La primera es que Jeffrey Epstein fue detenido por proxenetismo de menores y posteriormente ‘suicidado’ en una cárcel de máxima seguridad durante el pasado mandato de Trump. El actual presidente tuvo entonces acceso a los archivos, como lo tuvo la Administración Biden durante cuatro largos años, y no hizo nada. Nada que sepamos, quiero decir. Si el material contuviera estiércol para lanzar contra Trump, les hubiera faltado tiempo para utilizarlo, y si había cosas feas sobre sus donantes, aliados o, sin más, personajes demasiado poderosos, han tenido tiempo de sobra para hacerlas desaparecer.
Ahí ya solo quedan cosas que, o se saben desde hace tiempo, o son peccata minuta, chismorreo irrelevante sobre personajes de tercera. Lo que nos lleva a la segunda razón: que la pedofilia sea una afición ampliamente extendida entre la élite política, económica y cultural se me antoja francamente peculiar. Parece más una proyección siniestra de unas bases ignoradas que, por eso mismo, están dispuestas a creer lo peor de sus lejanos representantes políticos y adalides financieros.
En tercer lugar, si uno es lo bastante poderoso imagino que tendrá métodos más discretos y menos arriesgados de satisfacer sus perversiones que irse a una isla del Caribe propiedad de un personaje de más que dudosa reputación y encerrarse en un extraño templo. No sé, pero me parece tan idiota que no creo que alguien con tan escasa prudencia haya podido llegar muy lejos.

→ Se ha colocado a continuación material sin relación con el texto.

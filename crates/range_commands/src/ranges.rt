//! The book of a range of ranks, from the bytes of a spec to the text of the book.

ghost use Rattle.std.specs.Prelude.{◌≡◌, ◌<◌, ◌≤◌, None, IfErr, IfOk, OnOk, MatchOption, false};
ghost use Rattle.spec_binding.specs.SpecFiles.{IsNoSpec};
ghost use Rattle.step_reducer.specs.Walking.{Starts};
ghost use Rattle.fact_books.specs.Building.{AreFactsOf};
ghost use Rattle.transcripts.specs.Counted.{failures_of};
ghost use Rattle.range_commands.specs.Ranges.{IsRangeOf, IsOutsideRange, IsNoRange, IsNumberOfRanks, IsRangeRun, IsRunOfAll, IsOfLawfulPlan, IsToldOf};

use book_format::{WriteError, write_book};
use bound_specs::Spec;
use fact_books::Book;
use range_progress::{Progress, shards_of};
use session_machine::RunError;
use shard_board::Workers;
use shard_farm::{FarmError, Gate, OpenGate, farm_run};
use spec_binding::{SpecFault, spec_of};
use std::alloc::Global;
use std::io::Write;
use std::sync::Wait;
use std::thread::Threads;
use std::time::Clock;
use transcripts::Counted;

/// The ranks of a range, at most: as many shards of 1,000 ranks as a plan may have.
pub const MAX_RANGE: u64 = 4_096_000;

/// Why the book of a range was not written. Each is tried before those below it, but for want of memory.
#[derive(Clone, Copy, PartialEq, Eq)]
pub enum RangeFault {
    /// The bytes are no spec file.
    Spec(SpecFault),
    /// The range is none of the spec, or too long, or the spec does not start, or memory ran out.
    Run(RunError),
    /// The book was not written.
    Write(WriteError),
}

/// Reads a spec, and writes the book of the ranks from the first up to but not the end. So many workers run them, of which each claims shards
/// of 1,000 ranks from one supply. They call the gate round each of these.
pub fn run_range<R: Threads + Wait + Sync, G: Gate + Sync, W: Write>(
    rt: &R,
    alloc: Global,
    bytes: &[u8],
    first: u64,
    end: u64,
    reduce: bool,
    workers: &Workers,
    gate: &G,
    out: &mut Counted<W>,
) -> Result<(), RangeFault>
    requires { failures_of out.old < u64.MAX }
    ensures { IsRangeRun W.contents out.old out.new bytes.now first end reduce result }
{
    let spec = match spec_of(alloc, bytes) {
        Ok(spec) => spec,
        Err(fault) => return Err(RangeFault::Spec(fault)),
    };
    let book = match book_of_range(rt, alloc, &spec, first, end, reduce, workers, gate) {
        Ok(book) => book,
        Err(error) => return Err(RangeFault::Run(error)),
    };
    match write_book(alloc, &book, out) {
        Ok(()) => Ok(()),
        Err(error) => Err(RangeFault::Write(error)),
    }
}

/// Does as `run_range`, and tells on `err` how far it is where that is wanted. What is not written there is no fault.
pub fn run_told<R: Threads + Wait + Clock + Sync, W: Write, E: Write + Send>(
    rt: &R,
    alloc: Global,
    bytes: &[u8],
    first: u64,
    end: u64,
    reduce: bool,
    workers: &Workers,
    is_told: bool,
    out: &mut Counted<W>,
    err: &mut Counted<E>,
) -> Result<(), RangeFault>
    requires { failures_of out.old < u64.MAX }
    ensures run { IsRangeRun W.contents out.old out.new bytes.now first end reduce result }
    ensures quiet { is_told ≡ false → err.new ≡ err.old }
{
    if !is_told {
        return run_range(
            rt, alloc, bytes, first, end, reduce, workers, &OpenGate, out,
        );
    }
    let progress = Progress::new(rt, alloc, end.saturating_sub(first), err);
    let result = run_range(
        rt, alloc, bytes, first, end, reduce, workers, &progress, out,
    );
    progress.close(result.is_ok());
    result
}

/// Does as `run_told` for all ranks of the spec: the range from 0 up to their number, which is refused where it is too long.
pub fn run_all<R: Threads + Wait + Clock + Sync, W: Write, E: Write + Send>(
    rt: &R,
    alloc: Global,
    bytes: &[u8],
    reduce: bool,
    workers: &Workers,
    is_told: bool,
    out: &mut Counted<W>,
    err: &mut Counted<E>,
) -> Result<(), RangeFault>
    requires { failures_of out.old < u64.MAX }
    ensures run { IsRunOfAll W.contents out.old out.new bytes.now reduce result }
    ensures quiet { is_told ≡ false → err.new ≡ err.old }
{
    let end = match number_of_ranks(alloc, bytes) {
        Ok(end) => end,
        Err(fault) => return Err(RangeFault::Spec(fault)),
    };
    run_told(rt, alloc, bytes, 0, end, reduce, workers, is_told, out, err)
}

fn number_of_ranks(alloc: Global, bytes: &[u8]) -> Result<u64, SpecFault>
    ensures number { IfOk result (IsNumberOfRanks bytes.now) }
    ensures refused { IfErr result (IsNoSpec bytes.now) }
{
    match spec_of(alloc, bytes) {
        Ok(spec) => Ok(spec.ranks()),
        Err(fault) => Err(fault),
    }
}

/// The facts of the ranks from the first up to but not the end: when reducing the least swap where the rank has one, and else the outcome.
/// Levels are not asked for.
pub fn book_of_range<R: Threads + Wait + Sync, G: Gate + Sync>(
    rt: &R,
    alloc: Global,
    spec: &Spec,
    first: u64,
    end: u64,
    reduce: bool,
    workers: &Workers,
    gate: &G,
) -> Result<Book, RunError>
    requires unasked { spec.now.asked ≡ None }
    ensures refused { IfErr result (IsNoRange spec.now.run first end) }
    ensures lawful { OnOk result (IsRangeOf spec.now.run first end) }
    ensures started { OnOk result (Starts spec.now.run) }
    ensures of_spec { IfOk result (λ book. book.file ≡ spec.now) }
    ensures facts { IfOk result (λ book. AreFactsOf reduce spec.now.run first end book.facts) }
{
    if let Some(error) = outside(spec, first, end) {
        return Err(error);
    }
    let shards = shards_of(alloc, first, end)?;
    match farm_run(
        rt,
        alloc,
        spec,
        shards.as_slice(),
        reduce,
        workers.number(),
        gate,
    ) {
        Ok(book) => Ok(book),
        Err(error) => Err(not_run(error)),
    }
}

/// Why a range is not run, whose shards are a lawful plan.
fn not_run(error: FarmError) -> RunError
    requires { IsOfLawfulPlan error }
    ensures { IsToldOf error result }
{
    match error {
        FarmError::BadPlan => unreachable!(),
        FarmError::Start(error) => RunError::Start(error),
        FarmError::NotStarted | FarmError::NoMemory(_) => RunError::NoMemory,
    }
}

/// Why this is no range of the spec.
fn outside(spec: &Spec, first: u64, end: u64) -> Option<RunError>
    ensures { MatchOption result (IsRangeOf spec.now.run first end) (IsOutsideRange spec.now.run first end) }
{
    if first > end {
        return Some(RunError::OutOfRange);
    }
    if end > spec.ranks() {
        return Some(RunError::OutOfRange);
    }
    if end - first > MAX_RANGE {
        return Some(RunError::TooLong);
    }
    None
}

Pero el hecho de que la lista no exista es irrelevante, políticamente. Es un mito popular, pero los mitos populares tienen en política una fuerza extraordinaria. Epstein es el rostro visible de la célebre ciénaga que Trump venía a drenar y, de hecho, Trump lo utilizó a modo durante su campaña. No tanto directamente como a través de terceros, como su hijo Don Jr., que hablaba de desenmascarar a los clientes de Epstein a tiempo y a destiempo, o como Kash Patel, que hizo de esa revelación cuasi sagrada el pilar de su aspiración a la dirección del FBI.
Por eso es difícil entender por qué Trump pasó de anunciarla a, de golpe y porrazo, cuando su fiscal general, Pat Bondi, afirmaba en X tener ante sus ojos la dramática revelación de cientos de nombres, dio carpetazo a todo el asunto y de muy malas maneras llamó idiotas a aquellos de sus partidarios que seguían creyendo en el mito. Todo era una estafa de los demócratas, dijo y sigue diciendo, un asustaviejas, una trampa con la que cazar al propio Trump.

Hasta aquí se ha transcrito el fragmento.